Lifting his eyebrows, he shrugged. “How long did you say you’d been here on the island?”

“I just got here around lunch, about fifteen minutes before I called 911. Why?”

“It looks like you’ve been here for longer. Your belongings are scattered all over the spare room. Where did you say you stayed on the mainland?”

“An inn called the Lilac Cottage. I got there yesterday morning and left around eleven this morning. I’d decided to stay there because I was tired from driving. I have the receipt in my knapsack.”

He pulled out a zippered plastic bag. In it lay a handwritten receipt. “The date on this says you left yesterday. I called the inn and the woman confirmed that you’d spent one night, but had checked out yesterday, not this morning.”

Peta hadn’t read the receipt. She’d simply shoved it into her bag.
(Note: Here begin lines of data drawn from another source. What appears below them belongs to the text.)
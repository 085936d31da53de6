//! Public keys, and the algorithms of their signatures.
ghost use Rattle.std.specs.Prelude.{◌≡◌, ◌&&◌, find, nat_eq};
ghost use Rattle.std.specs.Cmp.Lexicographic.{pointwise};
ghost use Rattle.rcgen_sign.specs.Algorithms.{key_element};
ghost use Rattle.shelf_fault.specs.Faults.{Gets};
ghost use Rattle.shelf_keys.specs.Keys.{algorithm_for, digest_alone, first_fit, is_fit, is_padded, is_same, is_same_padding, key_of_info, public_key, signs_so};

use crate::encoding::encoded;
use crate::parameters::parameters_fit;
use asn1_core::{ObjectIdentifier, TryClone};
use der_tree::der;
use pkix_cert::SubjectPublicKeyInfo;
use rcgen_issue::{
    PKCS_ECDSA_P256_SHA256, PKCS_ECDSA_P384_SHA384, PKCS_ECDSA_P521_SHA256, PKCS_ECDSA_P521_SHA384,
    PKCS_ECDSA_P521_SHA512, PKCS_ED25519, PKCS_ML_DSA_44, PKCS_ML_DSA_65, PKCS_ML_DSA_87,
    PKCS_RSA_SHA256, PKCS_RSA_SHA384, PKCS_RSA_SHA512, PublicKey, SignatureAlgorithm,
};
use rcgen_sign::{
    PKCS_PSS_ONLY_SHA256, PKCS_PSS_ONLY_SHA384, PKCS_PSS_ONLY_SHA512, PKCS_PSS_SHA256,
    PKCS_PSS_SHA384, PKCS_PSS_SHA512, PKCS_RSA_PSS_SHA256, PKCS_RSA_PSS_SHA384,
    PKCS_RSA_PSS_SHA512,
};
use shelf_fault::{Fault, KeyFault, Place};
use shelf_profile::{Digest, Padding, Signing};
use std::alloc::Global;

/// An algorithm with its hash function and its padding, where it has them beside it.
type Row = (SignatureAlgorithm, Option<Digest>, Option<Padding>);

/// Each algorithm. Of those of a key the first is the default.
const ALGORITHMS: [Row; 21] = [
    (PKCS_RSA_SHA256, Some(Digest::Sha256), Some(Padding::Pkcs1)),
    (PKCS_RSA_SHA384, Some(Digest::Sha384), Some(Padding::Pkcs1)),
    (PKCS_RSA_SHA512, Some(Digest::Sha512), Some(Padding::Pkcs1)),
    (
        PKCS_RSA_PSS_SHA256,
        Some(Digest::Sha256),
        Some(Padding::Pss),
    ),
    (
        PKCS_RSA_PSS_SHA384,
        Some(Digest::Sha384),
        Some(Padding::Pss),
    ),
    (
        PKCS_RSA_PSS_SHA512,
        Some(Digest::Sha512),
        Some(Padding::Pss),
    ),
    (PKCS_PSS_SHA256, Some(Digest::Sha256), Some(Padding::Pss)),
    (PKCS_PSS_SHA384, Some(Digest::Sha384), Some(Padding::Pss)),
    (PKCS_PSS_SHA512, Some(Digest::Sha512), Some(Padding::Pss)),
    (
        PKCS_PSS_ONLY_SHA256,
        Some(Digest::Sha256),
        Some(Padding::Pss),
    ),
    (
        PKCS_PSS_ONLY_SHA384,
        Some(Digest::Sha384),
        Some(Padding::Pss),
    ),
    (
        PKCS_PSS_ONLY_SHA512,
        Some(Digest::Sha512),
        Some(Padding::Pss),
    ),
    (PKCS_ECDSA_P256_SHA256, Some(Digest::Sha256), None),
    (PKCS_ECDSA_P384_SHA384, Some(Digest::Sha384), None),
    (PKCS_ECDSA_P521_SHA512, Some(Digest::Sha512), None),
    (PKCS_ECDSA_P521_SHA384, Some(Digest::Sha384), None),
    (PKCS_ECDSA_P521_SHA256, Some(Digest::Sha256), None),
    (PKCS_ED25519, None, None),
    (PKCS_ML_DSA_44, None, None),
    (PKCS_ML_DSA_65, None, None),
    (PKCS_ML_DSA_87, None, None),
];

fn is_same(digest: Digest, other: Digest) -> bool
    ensures { result ≡ is_same digest other }
{
    match digest {
        Digest::Sha256 => match other {
            Digest::Sha256 => true,
            _ => false,
        },
        Digest::Sha384 => match other {
            Digest::Sha384 => true,
            _ => false,
        },
        Digest::Sha512 => match other {
            Digest::Sha512 => true,
            _ => false,
        },
    }
}

/// Whether the hash function, where one is given, is the algorithm's.
fn is_fit(said: Option<Digest>, own: Option<Digest>) -> bool
    ensures { result ≡ is_fit said own }
{
    match said {
        Some(said) => match own {
            Some(own) => is_same(said, own),
            None => false,
        },
        None => true,
    }
}

fn is_same_padding(padding: Padding, other: Padding) -> bool
    ensures { result ≡ is_same_padding padding other }
{
    match padding {
        Padding::Pkcs1 => match other {
            Padding::Pkcs1 => true,
            Padding::Pss => false,
        },
        Padding::Pss => match other {
            Padding::Pkcs1 => false,
            Padding::Pss => true,
        },
    }
}

/// Whether the padding, where one is given, is the algorithm's.
fn is_padded(said: Option<Padding>, own: Option<Padding>) -> bool
    ensures { result ≡ is_padded said own }
{
    match said {
        Some(said) => match own {
            Some(own) => is_same_padding(said, own),
            None => false,
        },
        None => true,
    }
}

/// Whether the algorithm signs so.
fn signs_so(signing: Signing, digest: Option<Digest>, padding: Option<Padding>) -> bool
    ensures { result ≡ signs_so signing digest padding }
{
    is_fit(signing.digest, digest) && is_padded(signing.padding, padding)
}

/// The first of these whose keys are named by the element, and which signs so.
fn first_of(rows: &[Row], element: &[u8], signing: Signing) -> Option<Row>
    ensures { result ≡ find (λ row. pointwise nat_eq (key_element row.0) element.now && signs_so signing row.1 row.2) rows.now }
{
    rows.iter().copied().find(|row| row.0.key_element() == element
        && signs_so(signing, row.1, row.2))
}

/// The first algorithm whose keys are named by the element, and which signs so.
#[tactic(auto, unfolding(crate::specs::Keys::rows, crate::specs::Keys::first_fit))]
fn first_fit(element: &[u8], signing: Signing) -> Option<SignatureAlgorithm>
    ensures { result ≡ first_fit element.now signing }
{
    match first_of(&ALGORITHMS, element, signing) {
        Some(row) => Some(row.0),
        None => None,
    }
}

/// As any algorithm of the key signs.
pub const ANY: Signing = Signing {
    digest: None,
    padding: None,
};

/// With the hash function alone.
fn digest_alone(signing: Signing) -> Signing
    ensures { result ≡ digest_alone signing }
{
    Signing {
        digest: signing.digest,
        padding: None,
    }
}

/// The algorithm of the signatures of a key that is named by the element, which contains this identifier.
#[tactic(auto, unfolding(crate::specs::Keys::algorithm_for))]
fn algorithm_for(
    alloc: Global,
    place: Place,
    id: &ObjectIdentifier,
    element: &[u8],
    signing: Signing,
) -> Result<SignatureAlgorithm, Fault>
    ensures { Gets (λ a. a) (algorithm_for place id.now element.now signing) result }
{
    if first_fit(element, ANY).is_none() {
        let id = id.try_clone(alloc)?;
        return Err(Fault::Key(place, KeyFault::Unknown(id)));
    }
    if first_fit(element, digest_alone(signing)).is_none() {
        let id = id.try_clone(alloc)?;
        return Err(Fault::Key(place, KeyFault::OtherDigest(id)));
    }
    match first_fit(element, signing) {
        Some(algorithm) => Ok(algorithm),
        None => {
            let id = id.try_clone(alloc)?;
            Err(Fault::Key(place, KeyFault::OtherPadding(id)))
        }
    }
}

/// The key of this info, with the algorithm of its signatures, whose hash function and padding may be given.
#[tactic(auto, unfolding(crate::specs::Keys::key_of_info))]
pub fn key_of_info(
    alloc: Global,
    place: Place,
    signing: Signing,
    info: &SubjectPublicKeyInfo,
) -> Result<PublicKey, Fault>
    ensures { Gets (λ k. k) (key_of_info place signing info.now) result }
{
    if info.subject_public_key.unused() != 0 {
        return Err(Fault::Key(place, KeyFault::NotRead));
    }
    let element = encoded(alloc, &info.algorithm, Fault::Key(place, KeyFault::NotRead))?;
    if !parameters_fit(alloc, &info.algorithm)? {
        return Err(Fault::Key(place, KeyFault::Parameters));
    }
    let algorithm = algorithm_for(alloc, place, &info.algorithm.algorithm, &element, signing)?;
    let octets = Vec::from_slice(alloc, info.subject_public_key.bytes())?;
    Ok(PublicKey::new(octets, algorithm))
}

/// The key whose SubjectPublicKeyInfo the octets are.
#[tactic(auto, unfolding(crate::specs::Keys::public_key))]
pub fn public_key(
    alloc: Global,
    place: Place,
    octets: &[u8],
    signing: Signing,
) -> Result<PublicKey, Fault>
    ensures { Gets (λ k. k) (public_key place octets.now signing) result }
{
    let Some(info) = der::value_of::<SubjectPublicKeyInfo>(alloc, octets)? else {
        return Err(Fault::Key(place, KeyFault::NotRead));
    };
    key_of_info(alloc, place, signing, &info)
}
Frowning, she shook her head. “That’s not possible. I just arrived here. Ask the guy who owns the blue boat called the Island Fairy. He brought me here today.”

The officer flipped open his notepad and scribbled down the names. “I’ve been told that none of the ferry boats have come in today. And I’m told that you used to live here. You dated the deceased, didn’t you?”

“Yes, in high school. What difference does that make?”

“You split up with him under angry circumstances, I’m told.”

The locals did have long memories. “True, but we settled that dispute a few months later. We were kids.”

“You left here ten years ago and swore you’d never return.”

“I was young and angry. But I did come back, because Danny asked me to come to his birthday.”

“Anyone else see you?”

She paused. “Doc Garvey and Jane Wood saw me. Ask them.” Though with their obvious disapproval of her appearance, would they help her out, or want to see her off the island, as soon as possible?

“Anyone else invited?”

Peta wasn’t sure. She hadn’t received a formal invitation, just the phone call. That had always been Danny’s style. With a frustrated shrug, she felt the blood surge into her face. This was stupid and confusing, and not making an ounce of sense. “I don’t have all the answers. All I know is that I arrived here today because Danny asked me to come.”

“Don’t you find it odd that a man would ask his old girlfriend back?” the officer asked.

“This is a small community, and I was also his friend.” She frowned at the officer. “What are you saying, Constable?”

The constable walked to his patrol car, then returned carrying a paper bag. “Miss Donald, is this your medication?”

He pulled out a prescription bottle. Peta took it, and peered through the clear plastic at a few round tablets. She frowned. “This is my prescription bottle, but these aren’t my pills. Mine are small yellow ones. These are white.”

“These were the ones found in this bottle, Miss Donald. In Danny’s house.”